PROMPT: Output only the lines below from the one containing "fn named_id_rule(draft: Draft, value: &JsonValue)" to the one containing "a schema inside.", exactly as written, both ends kept.

TASK INPUT:
---

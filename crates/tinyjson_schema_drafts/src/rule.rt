//! What becomes of the members of a schema.
ghost use Rattle.std.specs.Prelude.{◌≡◌, Some, option_map, is_some};
ghost use Rattle.tinyjson.specs.Access.{is_array, is_boolean};
ghost use Rattle.tinyjson_schema_drafts.specs.Rules.{is_true};
ghost use Rattle.tinyjson.specs.View.{view};
ghost use Rattle.tinyjson_schema_drafts.specs.Rules.{traits_of, has_list, limit_of, has_true, is_kept_beside};
ghost use Rattle.tinyjson_schema_drafts.specs.Rules.{rule_of, rule_by};
ghost use Rattle.tinyjson_schema_drafts.specs.Rules.{other_rule, rest_rule, own_id_rule, dialect_rule, id_rule, id_rule_by};
ghost use Rattle.tinyjson_schema_drafts.specs.Rules.{fragment_rule, items_rule, if_rule, later_rule};
ghost use Rattle.tinyjson_schema_drafts.specs.Rules.{additional_rule, limit_rule, flag_rule, is_limit};
ghost use Rattle.tinyjson_schema_drafts.specs.Rules.{hides, is_hidden, has_dependencies};
ghost use Rattle.tinyjson_schema_drafts.specs.Rules.{newer_rule, dependent_rule};
ghost use Rattle.tinyjson_schema_drafts.specs.Rules.{named_id_rule, recursive_rule, anchor_rule};
ghost use Rattle.tinyjson_schema_drafts.specs.Rules.{mark_rule, is_false};

use crate::draft::{Dialect, Draft, dialect_named};
use text_uri::{fragment, without_fragment};
use tinyjson::JsonValue;
use tinyjson_schema_keywords::{Keyword, has_key, keyword_of, schema_at};

/// What becomes of a member of a schema.
#[derive(Clone, Copy)]
pub enum Rule {
    /// It stays.
    Keep,
    /// It is left out.
    Drop,
    /// It becomes null, which its keyword does not accept: the keyword is one of another draft, and would apply.
    Reject,
    /// A schema.
    Schema,
    /// The schema of the items that a list leaves: `items`.
    Rest,
    /// The same, as a boolean.
    RestFlag,
    /// A number that is not accepted, nor are those above: `exclusiveMaximum`.
    Below,
    /// A number that is not accepted, nor are those below: `exclusiveMinimum`.
    Above,
    /// An array of schemas.
    Schemas,
    /// The schemas of the first items: `prefixItems`.
    Prefix,
    /// An object of schemas.
    Map,
    /// An object of schemas and of arrays of keys: `dependentSchemas` and `dependentRequired`.
    Dependencies,
    /// A URI, without an empty fragment: `$id`.
    Id,
    /// A fragment that is a name: `$anchor`.
    Name,
    /// A reference.
    Reference,
    /// A reference that the scope decides: `$dynamicRef`.
    Recursive,
    /// The mark that it leads to: `$dynamicAnchor`.
    RecursiveAnchor,
}

/// The limit that `maximum` or `minimum` sets.
#[derive(Clone, Copy)]
pub enum Limit {
    /// There is none.
    Missing,
    /// It is accepted.
    Inclusive,
    /// It is not accepted: `exclusiveMaximum` or `exclusiveMinimum` of draft 4 is true.
    Exclusive,
}

/// What decides over the members of a schema.
#[derive(Clone, Copy)]
pub struct Traits {
    pub draft: Draft,
    /// Whether the schema has a `$ref` that hides what is beside it.
    pub is_hidden: bool,
    /// Whether its `items` is an array.
    pub has_list: bool,
    /// Whether it has `dependencies`.
    pub has_dependencies: bool,
    pub maximum: Limit,
    pub minimum: Limit,
}

pub fn traits_of(draft: Draft, schema: &JsonValue) -> Traits
    ensures { result ≡ traits_of draft (view schema.now) }
{
    Traits {
        draft,
        is_hidden: is_hidden(schema, draft),
        has_list: has_list(schema),
        has_dependencies: has_dependencies(schema),
        maximum: limit_of(schema, Keyword::Maximum, Keyword::ExclusiveMaximum),
        minimum: limit_of(schema, Keyword::Minimum, Keyword::ExclusiveMinimum),
    }
}

/// Whether the schema has a `$ref` that hides what is beside it.
pub fn is_hidden(schema: &JsonValue, draft: Draft) -> bool
    ensures { result ≡ is_hidden draft (view schema.now) }
{
    hides(draft) && schema_at(schema, Keyword::Ref).is_some()
}

fn has_dependencies(schema: &JsonValue) -> bool
    ensures { result ≡ has_dependencies (view schema.now) }
{
    has_key(schema, "dependencies")
}

/// Whether `$ref` hides what is beside it.
fn hides(draft: Draft) -> bool
    ensures { result ≡ hides draft }
{
    match draft {
        Draft::Draft201909 | Draft::Draft202012 => false,
        _ => true,
    }
}

fn limit_of(schema: &JsonValue, limit: Keyword, flag: Keyword) -> Limit
    ensures { result ≡ limit_of (view schema.now) limit flag }
{
    if schema_at(schema, limit).is_none() {
        return Limit::Missing;
    }
    if has_true(schema, flag) {
        Limit::Exclusive
    } else {
        Limit::Inclusive
    }
}

fn has_true(schema: &JsonValue, keyword: Keyword) -> bool
    ensures { result ≡ has_true (view schema.now) keyword }
{
    match schema_at(schema, keyword) {
        Some(value) => is_true(value),
        None => false,
    }
}

pub fn is_true(value: &JsonValue) -> bool
    ensures { result ≡ is_true (view value.now) }
{
    match value {
        JsonValue::Boolean(value) => *value,
        _ => false,
    }
}

fn is_boolean(value: &JsonValue) -> bool
    ensures { result ≡ is_boolean (view value.now) }
{
    matches!(value, JsonValue::Boolean(_))
}

fn has_list(schema: &JsonValue) -> bool
    ensures { result ≡ has_list (view schema.now) }
{
    match schema_at(schema, Keyword::Items) {
        Some(items) => is_array(items),
        None => false,
    }
}

pub fn is_array(value: &JsonValue) -> bool
    ensures { result ≡ is_array (view value.now) }
{
    matches!(value, JsonValue::Array(_))
}

/// What becomes of the member with this name and value.
pub fn rule_of(traits: Traits, name: &str, value: &JsonValue) -> Rule
    ensures { result ≡ rule_of traits name.now (view value.now) }
{
    let keyword = keyword_of(name);
    if traits.is_hidden && !is_kept_beside(keyword) {
        return Rule::Drop;
    }
    match keyword {
        Some(keyword) => rule_by(traits, keyword, value),
        None => other_rule(traits, name, value),
    }
}

/// Whether a keyword beside `$ref` is no keyword that `$ref` hides: itself, and the schemas that references lead to.
fn is_kept_beside(keyword: Option<Keyword>) -> bool
    ensures { result ≡ is_kept_beside keyword }
{
    match keyword {
        Some(Keyword::Ref | Keyword::Defs | Keyword::Definitions) => true,
        _ => false,
    }
}

fn rule_by(traits: Traits, keyword: Keyword, value: &JsonValue) -> Rule
    ensures { result ≡ rule_by traits keyword (view value.now) }
{
    match keyword {
        Keyword::Schema => dialect_rule(traits.draft, value),
        Keyword::Id => named_id_rule(traits.draft, value),
        Keyword::Ref => Rule::Reference,
        Keyword::Defs | Keyword::Definitions | Keyword::Properties | Keyword::PatternProperties =>
            Rule::Map,
        Keyword::AllOf | Keyword::AnyOf | Keyword::OneOf => Rule::Schemas,
        Keyword::Not => Rule::Schema,
        Keyword::Contains | Keyword::PropertyNames => later_rule(traits.draft, Rule::Schema),
        Keyword::AdditionalProperties => additional_rule(value),
        Keyword::Maximum => limit_rule(traits.draft, traits.maximum, Rule::Below),
        Keyword::Minimum => limit_rule(traits.draft, traits.minimum, Rule::Above),
        Keyword::ExclusiveMaximum => flag_rule(traits.draft, traits.maximum, value),
        Keyword::ExclusiveMinimum => flag_rule(traits.draft, traits.minimum, value),
        Keyword::If | Keyword::Then | Keyword::Else => if_rule(traits.draft),
        Keyword::Items => items_rule(traits.has_list),
        Keyword::DynamicRef
        | Keyword::DynamicAnchor
        | Keyword::PrefixItems
        | Keyword::UnevaluatedItems => Rule::Reject,
        Keyword::Anchor | Keyword::MaxContains | Keyword::MinContains => newer_rule(
            traits.draft,
            Rule::Keep,
        ),
        Keyword::DependentSchemas => dependent_rule(traits, Rule::Map),
        Keyword::DependentRequired => dependent_rule(traits, Rule::Keep),
        Keyword::UnevaluatedProperties | Keyword::ContentSchema => newer_rule(
            traits.draft,
            Rule::Schema,
        ),
        _ => Rule::Keep,
    }
}

/// What becomes of a keyword that came with 2019-09.
fn newer_rule(draft: Draft, rule: Rule) -> Rule
    ensures { result ≡ newer_rule draft rule }
{
    match draft {
        Draft::Draft201909 => rule,
        _ => Rule::Reject,
    }
}

/// What becomes of `dependentSchemas` and `dependentRequired`, which `dependencies` beside them becomes, too.
fn dependent_rule(traits: Traits, rule: Rule) -> Rule
    ensures { result ≡ dependent_rule traits rule }
{
    if traits.has_dependencies {
        Rule::Reject
    } else {
        newer_rule(traits.draft, rule)
    }
}

/// What becomes of `$id`, which is no name in 2019-09.
fn named_id_rule(draft: Draft, value: &JsonValue) -> Rule
    ensures { result ≡ named_id_rule draft (view value.now) }
{
    match draft {
        Draft::Draft4 => Rule::Reject,
        Draft::Draft201909 => Rule::Id,
        _ => id_rule(value),
    }
}

/// The draft's own name is left out of a schema inside.
fn dialect_rule(draft: Draft, value: &JsonValue) -> Rule
    ensures { result ≡ dialect_rule draft (view value.now) }
{
    match (draft, dialect_named(value)) {
        (Draft::Draft4, Dialect::Known(Draft::Draft4)) => Rule::Drop,
        (Draft::Draft6, Dialect::Known(Draft::Draft6)) => Rule::Drop,
        (Draft::Draft7, Dialect::Known(Draft::Draft7)) => Rule::Drop,
        (Draft::Draft201909, Dialect::Known(Draft::Draft201909)) => Rule::Drop,
        _ => Rule::Reject,
    }
}

/// `if`, `then` and `else` are keywords from draft 7 on.
fn if_rule(draft: Draft) -> Rule
    ensures { result ≡ if_rule draft }
{
    match draft {
        Draft::Draft4 | Draft::Draft6 => Rule::Reject,
        _ => Rule::Schema,
    }
}

/// What becomes of a keyword that came with draft 6.
fn later_rule(draft: Draft, rule: Rule) -> Rule
    ensures { result ≡ later_rule draft rule }
{
    match draft {
        Draft::Draft4 => Rule::Reject,
        _ => rule,
    }
}

/// In draft 4, too, the value may be a boolean.
fn additional_rule(value: &JsonValue) -> Rule
    ensures { result ≡ additional_rule (view value.now) }
{
    if is_boolean(value) {
        Rule::Keep
    } else {
        Rule::Schema
    }
}

/// What becomes of `maximum` or `minimum`, given what the limit becomes where draft 4 excludes it.
fn limit_rule(draft: Draft, limit: Limit, exclusive: Rule) -> Rule
    ensures { result ≡ limit_rule draft limit exclusive }
{
    match (draft, limit) {
        (Draft::Draft4, Limit::Exclusive) => exclusive,
        _ => Rule::Keep,
    }
}

/// What becomes of `exclusiveMaximum` or `exclusiveMinimum`: in draft 4 a boolean, beside a limit.
fn flag_rule(draft: Draft, limit: Limit, value: &JsonValue) -> Rule
    ensures { result ≡ flag_rule draft limit (view value.now) }
{
    match draft {
        Draft::Draft4 => {
            if is_boolean(value) && is_limit(limit) {
                Rule::Drop
            } else {
                Rule::Reject
            }
        }
        _ => Rule::Keep,
    }
}

fn is_limit(limit: Limit) -> bool
    ensures { result ≡ is_limit limit }
{
    match limit {
        Limit::Missing => false,
        _ => true,
    }
}

fn items_rule(is_list: bool) -> Rule
    ensures { result ≡ items_rule is_list }
{
    if is_list { Rule::Prefix } else { Rule::Schema }
}

/// An `$id` is a name, or a URI. One that is an empty fragment or a pointer is left out.
fn id_rule(value: &JsonValue) -> Rule
    ensures { result ≡ id_rule (view value.now) }
{
    match value {
        JsonValue::String(id) => id_rule_by(id.as_str()),
        _ => Rule::Id,
    }
}

fn id_rule_by(id: &str) -> Rule
    ensures { result ≡ id_rule_by id.now }
{
    if !without_fragment(id).is_empty() {
        return Rule::Id;
    }
    match fragment(id) {
        Some(name) => fragment_rule(name.as_bytes()),
        None => Rule::Drop,
    }
}

fn fragment_rule(fragment: &[u8]) -> Rule
    ensures { result ≡ fragment_rule fragment.now }
{
    match fragment.split_first() {
        Some((b'/', _)) | None => Rule::Drop,
        Some(_) => Rule::Name,
    }
}

/// What becomes of a name that is no keyword of 2020-12.
fn other_rule(traits: Traits, name: &str, value: &JsonValue) -> Rule
    ensures { result ≡ other_rule traits name.now (view value.now) }
{
    match name {
        "additionalItems" => {
            if traits.has_list {
                rest_rule(value)
            } else {
                Rule::Drop
            }
        }
        "dependencies" => Rule::Dependencies,
        "id" => own_id_rule(traits.draft, value),
        "$recursiveRef" => recursive_rule(traits.draft),
        "$recursiveAnchor" => anchor_rule(traits.draft, value),
        _ => Rule::Keep,
    }
}

fn recursive_rule(draft: Draft) -> Rule
    ensures { result ≡ recursive_rule draft }
{
    match draft {
        Draft::Draft201909 => Rule::Recursive,
        _ => Rule::Keep,
    }
}

/// A `$recursiveAnchor` that is false marks nothing.
fn anchor_rule(draft: Draft, value: &JsonValue) -> Rule
    ensures { result ≡ anchor_rule draft (view value.now) }
{
    match draft {
        Draft::Draft201909 => mark_rule(value),
        _ => Rule::Keep,
    }
}

fn mark_rule(value: &JsonValue) -> Rule
    ensures { result ≡ mark_rule (view value.now) }
{
    if is_false(value) {
        Rule::Drop
    } else {
        Rule::RecursiveAnchor
    }
}

fn is_false(value: &JsonValue) -> bool
    ensures { result ≡ is_false (view value.now) }
{
    match value {
        JsonValue::Boolean(value) => !*value,
        _ => false,
    }
}

fn rest_rule(value: &JsonValue) -> Rule
    ensures { result ≡ rest_rule (view value.now) }
{
    if is_boolean(value) {
        Rule::RestFlag
    } else {
        Rule::Rest
    }
}

/// `$id` is `id` in draft 4.
fn own_id_rule(draft: Draft, value: &JsonValue) -> Rule
    ensures { result ≡ own_id_rule draft (view value.now) }
{
    match draft {
        Draft::Draft4 => id_rule(value),
        _ => Rule::Keep,
    }
}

---

COMPLETED TASK:
fn named_id_rule(draft: Draft, value: &JsonValue) -> Rule
    ensures { result ≡ named_id_rule draft (view value.now) }
{
    match draft {
        Draft::Draft4 => Rule::Reject,
        Draft::Draft201909 => Rule::Id,
        _ => id_rule(value),
    }
}

/// The draft's own name is left out of a schema inside.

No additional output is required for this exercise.